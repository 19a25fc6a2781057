ghost use Rattle.std.specs.Prelude.{◌≡◌, ℕ, ◌<◌, ◌≤◌, length, slice_get};
ghost use Rattle.flow_spec.specs.Configuration.{fetched};
ghost use Rattle.flow_spec.specs.Successors.{newest};
ghost use Rattle.path_model.specs.Graph.{IsGraph, address_of};
ghost use Rattle.frame_stacks.specs.Stacks.{AreCells, frames_of};
ghost use Rattle.call_expand.specs.Expansion.{numbered};
ghost use Rattle.call_expand.specs.Point.{configurations_at, AreExpanded};

use crate::point::Point;
use flow_spec::Frame;
use frame_stacks::{StackCell, Stacks};
use path_model::Graph;
use std::marker::Model;

/// The configuration of a node: the address of its instruction, the part of that instruction that it fetches, 0 or 1,
/// the number of its stack of open calls, and how many of them are open. Two configurations have one stack exactly
/// where the same calls are open in both.
#[derive(Clone, Copy, Debug, PartialEq, Eq)]
pub struct Config {
    pub at: u32,
    pub part: u8,
    pub stack: u32,
    pub depth: u32,
}

/// The graph of an accepted program, with the configuration of each node. Its calls take no memory.
#[derive(Drop)]
pub struct Expanded {
    graph: Graph,
    points: Vec<Point>,
    stacks: Stacks,
}

impl Model for Expanded {
    ghost use Rattle.std.specs.Prelude.{map};
    ghost use Rattle.call_expand.specs.Expansion.{Expansion};
    ghost use Rattle.call_expand.specs.Point.{configurations_at, AreExpanded};

    ghost Value = { Expansion };

    ghost view = { λ e. record {
      configurations = configurations_at e.stacks e.points.items;
      nodes = e.graph;
      cells = e.stacks;
      stacks = map (λ point. point.stack) e.points.items;
    } };

    ghost invariant = { λ e. AreExpanded e.stacks e.points.items e.graph };
}

impl Expanded {
    pub(crate) fn new(graph: Graph, points: Vec<Point>, stacks: Stacks) -> Self
        requires { AreExpanded stacks points.items graph }
        ensures configurations { result.configurations ≡ configurations_at stacks points.items }
        ensures nodes { result.nodes ≡ graph }
    {
        Expanded {
            graph,
            points,
            stacks,
        }
    }

    /// The graph. Its nodes have the numbers of the configurations and the addresses that they fetch, and node 0 is the
    /// entry.
    pub fn graph(&self) -> &Graph
        ensures same { result.now ≡ self.now.nodes }
        ensures graph { IsGraph self.now.nodes }
        ensures one_each { length self.now.configurations ≡ length self.now.nodes }
        ensures fetches { (n : ℕ) → n < length self.now.nodes
            → address_of self.now.nodes n ≡ fetched (numbered self.now.configurations n) }
    {
        &self.graph
    }

    /// The configuration of a node, whose number is below the number of nodes.
    pub fn config(&self, node: u32) -> Config
        requires { node < length self.now.nodes }
        ensures at { result.at ≡ (numbered self.now.configurations node).at }
        ensures part { result.part ≡ (numbered self.now.configurations node).part }
        ensures frames { frames_of self.now.cells result.stack ≡ (numbered self.now.configurations node).frames }
        ensures depth { result.depth ≡ length (numbered self.now.configurations node).frames }
        ensures stack { slice_get self.now.stacks node ≡ Some result.stack }
        ensures known { result.stack ≤ length self.now.cells }
    {
        let point = self.points[node as usize];
        Config {
            at: point.at,
            part: point.part,
            stack: point.stack,
            depth: self.stacks.depth(point.stack),
        }
    }

    /// The newest open call of a node's configuration. `None` exactly where none is open. The node's number is below
    /// the number of nodes.
    pub fn top(&self, node: u32) -> Option<Frame>
        requires { node < length self.now.nodes }
        ensures { result ≡ newest (numbered self.now.configurations node).frames }
    {
        let point = self.points[node as usize];
        self.stacks.top(point.stack)
    }

    /// The cells of the stacks. The cell at index k puts its frame on the stack `below`, and makes stack k + 1. Equal
    /// lists of open calls have equal stack numbers.
    pub fn cells(&self) -> &[StackCell]
        ensures same { result.now ≡ self.now.cells }
        ensures cells { AreCells self.now.cells }
    {
        self.stacks.cells()
    }
}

- **WORK TASK**:
Wherever a line of the listing above contains the string "IsGraph", copy that line.

- **TASK ANSWER**:
ghost use Rattle.path_model.specs.Graph.{IsGraph, address_of};
        ensures graph { IsGraph self.now.nodes }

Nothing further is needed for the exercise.